When you create an estimator in GluonTS you can specify a lag sequence. This is a sequence of historical timesteps that will be added to each timestep as covariates. If we specify a lag sequence of 12, then alongside our input data we will also include the data from 12 timesteps ago ( or a year ago in the case of a monthly dataset like Tourism). If you don’t specify a lag sequence, then GluonTS will create one for you based on the frequency of the data. For a monthly dataset like Tourism the default lags are:

1
[1, 2, 3, 4, 5, 6, 7, 11, 12, 13, 23, 24, 25, 35, 36, 37]

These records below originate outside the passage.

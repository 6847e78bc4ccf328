//! Rows on requests and replies, on commands, and on the objects of a device (ANSI/ASHRAE 135, clauses 12, 15, 18, 19.2
//! and 21). The program `rows` runs them.
//!
//! - `text`: words of a row, as the libraries read and print them.
//! - `words_rows`: requests in words.
//! - `numbers`: numbers of classes, codes, object types and properties.
//! - `standard_names`: the standard's names of such numbers.
//! - `soundness`, `copies`: requests and replies as plain data.
//! - `slots`: commands and what they leave in force.
//! - `sites`: sites that rows describe.
//! - `opening`: sites that open, or not, and their copies and those of their tables.
//! - `tables`: requests to the table of a site, and its replies.
//!
//! What holds memory is owned by functions over any allocator, and rows keep their words: a function
//! that owns a request in memory with a lifetime costs the proof ten times as much.
#![tactic(auto)]

mod copies;
mod numbers;
mod opening;
mod sites;
mod slots;
mod soundness;
mod standard_names;
mod tables;
mod text;
mod words_rows;

use sheets::{Bench, Counts, Given, Part, Report, Row, Stop};
use std::alloc::AllocError;

/// What these rows run on.
pub struct Objects;

impl Bench for Objects {
    fn run(
        given: Given<'_>,
        name: &str,
        rows: &[Row<'_>],
        report: &mut Report<'_>,
    ) -> Result<(), AllocError> {
        if name == "priority_commands.txt" {
            return slots::run(given.alloc, rows, report);
        }
        if name.starts_with("objects_") {
            return tables::run(given, rows, report);
        }
        for row in rows {
            report.add(row, run_row(given, name, row))?;
        }
        Ok(())
    }
}

/// Runs a row of a file of this name.
fn run_row(given: Given<'_>, name: &str, row: &Row<'_>) -> Result<Counts, Stop> {
    let wanted = row.wanted()?;
    match name {
        "words_requests.txt" => words_rows::run(given, row.asked, wanted),
        "primitives_numbers.txt" => numbers::run(given.alloc, row.asked, wanted),
        "standard_names.txt" => standard_names::run(given.alloc, row.asked, wanted),
        "primitives_soundness.txt" => soundness::run(given.alloc, row.asked, wanted),
        "primitives_copies.txt" => copies::run(given, row.asked, wanted),
        _ => Err(Stop::Unread(Part::Asked)),
    }
}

Lag sequence for monthly dataset

For an hourly dataset like electricity the lag sequence contains 40 lags between 1 hour and 721. Now if you’re there thinking, isn’t it a bit odd that we’re using covariate features that contain temporal information from the past in a model whose architecture is designed to capture temporal information from the past, then you’re not alone. What impact do these lags have on performance, well let’s test it and find out. As before we’re going to train models with different lag sequences and compare the results. We’ll start off with 1 lag and gradually add more and more.

Tourism MASE
Tourism Lags MASE

What do you think of that? The more lags we add the better the model performs. My boy, you’ve become rich. It seems we’ve found the secret sauce that makes DeepAR so good.

5. Conclusion

One of the key issues that I think we have with the benchmarking of these models is the size of the context length or the look back window. This is how many timesteps the model can see in the past when we use recurrence. For Tourism it’s 15 and Electricity it’s 30. Let’s just put that into perspective, we’re going to provide a day and a quarter of data to a model and expect it to forecast the next 7 days. Now I’m not saying that if the context lengths included the same time range as the lags that we could exclude the lags and still get the same performance but I do think that this configuration does not allow the lstm to do what it does best.

Overall, despite my misgivings about the covariates and some of the implementation details, DeepAR is a very powerful model that can outperform even the latest generation of transformer based models and maybe there are some areas where it can be improved further still.

So there you have it, a look at what makes DeepAR tick and this is where we part ways, so long, adios amigos.

This post is licensed under CC BY 4.0 by the author.